Chief of the Digestive Disease Institute
Cleveland Clinic, Ohio
This month in The Regueiro Report, I discuss two studies, the first of which—the report of the phase 3 VIVID-1 trial—I am the lead author. In the trial, we found that mirikizumab (Omvoh, Lilly) was more effective than placebo in reducing fatigue in people with moderate to severe Crohn’s disease.
This is important because fatigue is a common symptom for individuals with inflammatory bowel disease that significantly affects their quality of life. We focused on CD in this study, but fatigue also is common in ulcerative colitis. This was a large prospective trial in which fatigue was an important secondary end point that was prospectively measured. This is unique in that many other IBD studies have evaluated fatigue in a post hoc fashion.
There’s often not a good explanation for fatigue in IBD. While it can be associated with depression, anemia and IBD activity, even people in remission who are not depressed or anemic report fatigue. We hypothesize that there may be a cytokine-mediated aspect to fatigue, that is, immune chemicals in the body are causing people with IBD to experience fatigue. This has not been proved, was not part of the study and remains an important, open question.
Compared with blood-based biomarkers or objective outcomes to assess clinical or endoscopic remission, measuring fatigue is inherently subjective. In this study, we used a validated self-reported fatigue outcome called FACIT-Fatigue (Functional Assessment of Chronic Illness Therapy-Fatigue). This is a Likert scale in which people quantify their fatigue, from “not at all” to “very much,” with higher scores indicating less fatigue.
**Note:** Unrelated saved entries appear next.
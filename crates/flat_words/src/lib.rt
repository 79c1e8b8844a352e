// The word of a record's numbers.
#![tactic(auto)]

ghost use Rattle.std.specs.Prelude.{◌≡◌};
ghost use Rattle.flat_words.specs.Words.{flat_word, encode_flat};

use flat_records::FlatRecord;
use refusals::Refusal;

// A word, or its refusal's number beside the word 0.
#[repr(C)]
#[derive(Clone, Copy)]
pub struct FlatWord {
    pub refusal: u8,
    pub word: u32,
}

// The numbers of a word or a refusal.
pub fn flat_word(encoded: Result<u32, Refusal>) -> FlatWord
    ensures { result ≡ flat_word encoded }
{
    match encoded {
        Ok(word) => FlatWord {
            refusal: 0,
            word: word,
        },
        Err(refusal) => FlatWord {
            refusal: refusals::number(refusal),
            word: 0,
        },
    }
}

// The word of a record's numbers, or the number of its refusal.
pub fn encode_flat(f: FlatRecord) -> FlatWord
    ensures { result ≡ encode_flat f }
{
    flat_word(flat_fields::record_from(f).and_then(encoder::encode))
}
We prospectively compared mirikizumab with placebo to assess which strategy was better at reducing fatigue over time, and mirikizumab outperformed placebo in this respect. Prior data from VIVID-1 showed that mirikizumab resulted in and maintained symptom improvement as well as clinical and endoscopic remission in people with CD.
Although we found that mirikizumab was better at lowering fatigue, we cannot say that only mirikizumab can produce this result or that this medication’s mechanism of action is somehow specific to improving symptoms of fatigue, as other advanced IBD therapy studies also have reported improved fatigue.
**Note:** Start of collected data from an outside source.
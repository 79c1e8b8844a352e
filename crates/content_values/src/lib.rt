// The word or the figure that the content of a field holds.
#![tactic(auto)]

ghost use Rattle.std.specs.Prelude.{◌≡◌, [], ◌∷◌, ◌+◌, ◌*◌, ◌^◌};
ghost use Rattle.bits.specs.Complement.{signed};
ghost use Rattle.contents.specs.BigEndian.{value_of};
ghost use Rattle.contents.specs.Contents.{word_in, figure_in};

use refusals::Refusal;

// The number whose four bytes these are, the highest first.
fn of_four(a: u8, b: u8, c: u8, d: u8) -> u32
    ensures { result ≡ value_of (a ∷ b ∷ c ∷ d ∷ []) }
{
    a as u32 * 0x1000000 + b as u32 * 0x10000 + c as u32 * 256 + d as u32
}

// The number whose 32 higher and 32 lower binary digits these are.
fn of_halves(higher: u32, lower: u32) -> u64
    ensures { result ≡ higher * 2 ^ 32 + lower }
{
    higher as u64 * 0x100000000 + lower as u64
}

// The signed number of 64 binary digits, in two's complement.
fn signed_64(digits: u64) -> i64
    ensures { result ≡ signed 64 digits }
{
    if digits < 0x8000000000000000 {
        digits as i64
    } else {
        !((0xFFFFFFFFFFFFFFFF - digits) as i64)
    }
}

// The word that a word field's content holds; 11 unless it has 4 bytes.
pub fn word_in(content: &[u8]) -> Result<u32, Refusal>
    ensures { result ≡ word_in content.now }
{
    if content.len() != 4 {
        return Err(Refusal::Length);
    }
    Ok(of_four(content[0], content[1], content[2], content[3]))
}

// The label and the millionths that a figure field's content holds; 11 unless it has 9 bytes.
pub fn figure_in(content: &[u8]) -> Result<(u8, i64), Refusal>
    ensures { result ≡ figure_in content.now }
{
    if content.len() != 9 {
        return Err(Refusal::Length);
    }
    let higher = of_four(content[1], content[2], content[3], content[4]);
    let lower = of_four(content[5], content[6], content[7], content[8]);
    Ok((content[0], signed_64(of_halves(higher, lower))))
}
This month’s other study assesses the long-term efficacy of upadacitinib (Rinvoq, AbbVie) in individuals with moderate to severe UC by assessing clinical and endoscopic remission rates up to three years after treatment initiation. This is an interim analysis of U-ACTIVATE, an ongoing long-term extension study of upadacitinib use in UC.
The investigators found strong, sustained clinical and endoscopic remission rates at three years, with no new safety signals.
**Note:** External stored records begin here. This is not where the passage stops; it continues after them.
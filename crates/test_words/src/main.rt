// Decodes each word of the test vectors and compares its refusal and its count with what its line says: a word in hexadecimal, the number of
// its refusal (0: accepted) and its count (0 where it has none), between single spaces. In the last file three lines are wrong.
#![tactic(auto)]

ghost use Rattle.std.specs.Prelude.{◌≡◌};
ghost use Rattle.decode.specs.Decode.{decode_of};
ghost use Rattle.pages.specs.Page.{refusal_in, count_in, count_of};
ghost use Rattle.test_words.specs.Vectors.{written, right};

use quantities::Quantity;
use std::rt::Files;
use test_vectors::Tally;

// What a line says of a word.
#[derive(Clone, Copy, PartialEq, Eq, Debug)]
struct Expected {
    word: u32,
    refusal: u32,
    negative: bool,
    size: u32,
}

// The number of a word's refusal, 0 where it is accepted.
fn refusal_of(word: u32) -> u32
    ensures { result ≡ refusal_in (decode_of word) }
{
    match decoder::decode(word) {
        Ok(_) => 0,
        Err(refusal) => refusals::number(refusal) as u32,
    }
}

// The count of a word of the five measured labels.
fn count_in(measurement: Option<(Quantity, i16)>) -> i16
    ensures { result ≡ count_in measurement }
{
    match measurement {
        Some((_, count)) => count,
        None => 0,
    }
}

// The count of a word, 0 where it has none.
fn count_of(word: u32) -> i16
    ensures { result ≡ count_of (decode_of word) }
{
    match decoder::decode(word) {
        Ok(found) => {
            let body = found.body;
            count_in(measurements::measurement_of(body))
        }
        Err(_) => 0,
    }
}

// Whether a count is written with this sign and size.
fn is_written(count: i16, negative: bool, size: u32) -> bool
    ensures { result ≡ written count negative size }
{
    let digits = bits::complement::<16>(count);
    if digits < 32768 {
        !negative & (digits == size)
    } else {
        negative & (65536 - digits == size)
    }
}

// Whether a line is right about its word.
fn is_right(expected: Expected) -> bool
    ensures { result ≡ right expected }
{
    let word = expected.word;
    (refusal_of(word) == expected.refusal)
        & is_written(count_of(word), expected.negative, expected.size)
}

// Whether a line is well formed and right about its word.
fn is_line_right(line: &[u8]) -> bool {
    let rest = typed_parts::text_behind(line, b' ');
    let count = typed_parts::text_behind(rest, b' ');
    let Some(word) = typed_numbers::read_number(
        typed_parts::text_before(line, b' '),
        16,
        4294967295,
    ) else {
        return false;
    };
    let Some(refusal) = typed_numbers::read_number(
        typed_parts::text_before(rest, b' '),
        10,
        4294967295,
    ) else {
        return false;
    };
    let Some(size) = typed_numbers::read_size(count, 4294967295) else {
        return false;
    };
    is_right(Expected {
        word: (word % 4294967296) as u32,
        refusal: (refusal % 4294967296) as u32,
        negative: typed_parts::starts_with(count, b'-'),
        size: (size % 4294967296) as u32,
    })
}

// The tally of a text's lines.
fn tally_of(text: &[u8]) -> Tally {
    let mut tally = Tally {
        lines: 0,
        wrong: 0,
        first: 0,
    };
    let mut start = 0;
    while start < text.len() {
        let line = typed_parts::text_before(&text[start..], b'\n');
        tally = test_vectors::with_line(tally, is_line_right(line));
        start = text.len() - typed_parts::text_behind(&text[start..], b'\n').len();
    }
    tally
}

// Checks the lines of a file.
fn check_file(rt: &(impl Files + Print + Eprint), name: &[u8]) {
    let mut text = [0u8; 32768];
    let length = test_vectors::read_file(rt, name, &mut text);
    test_vectors::report(rt, name, tally_of(&text[..length]));
}

fn main(rt: HostRuntime) {
    check_file(&rt, b"words.txt");
    check_file(&rt, b"raster.txt");
    check_file(&rt, b"words_wrong.txt");
}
Three years of clinical trial follow-up is hard to achieve; study participants may move, for example, or simply opt out of continued participation. The longitudinal data from U-ACTIVATE are impressive in the efficacy, safety and durability end points. And clinically, the study demonstrates that most patients with UC who are in remission after the first year on upadacitinib will remain in remission.
Historically, IBD has a long history of therapies that work well for the first year, after which there is a precipitous drop-off in remission rates. Given that history, it is great to see evidence that one of our advanced therapies provides sustained benefit through three years.
Impact of Mirikizumab on Fatigue in CD
J Crohns Colitis 2025;19(7):jjaf100
Of the 778 adults with moderate to severe CD included in VIVID-1, 579 received mirikizumab and 199 received placebo. All had tried at least one biologic agent or conventional therapy without success. Baseline enrollment showed a strong association between depressive symptoms and greater feelings of fatigue.
By week 12, patients in the placebo group had a FACIT-Fatigue score improvement of 2.64, compared with 5.86 in the mirikizumab arm (P=0.000005). At week 52, scores were 3.08 for placebo and 7.47 for mirikizumab (P<0.000001).
Long-Term Efficacy and Safety of Upadacitinib in UC
Lancet Gastroenterol Hepatol 2025;10(6):507-519
Of 369 adults with UC who received upadacitinib in the long-term extension phase of the U-ACTIVATE trial, 142 started with 15 mg of upadacitinib and 227 began with 30 mg of upadacitinib. All participants in the study had achieved clinical remission by week 52 in the initial study, U-ACHIEVE. Over the next 96 weeks, most participants remained in U-ACTIVATE, but there was some attrition.
By week 96 of continued use of upadacitinib, 69 of 91 people (76%) who took 15 mg of upadacitinib were in clinical remission, as were 104 of 141 (74%) taking 30 mg of upadacitinib.
Most people who began U-ACTIVATE in endoscopic remission maintained it by week 96, which includes 20 of the 31 patients (65%) who took 15 mg of upadacitinib and 37 of the 51 (73%) who took 30 mg.
This article is from the September 2025 print issue.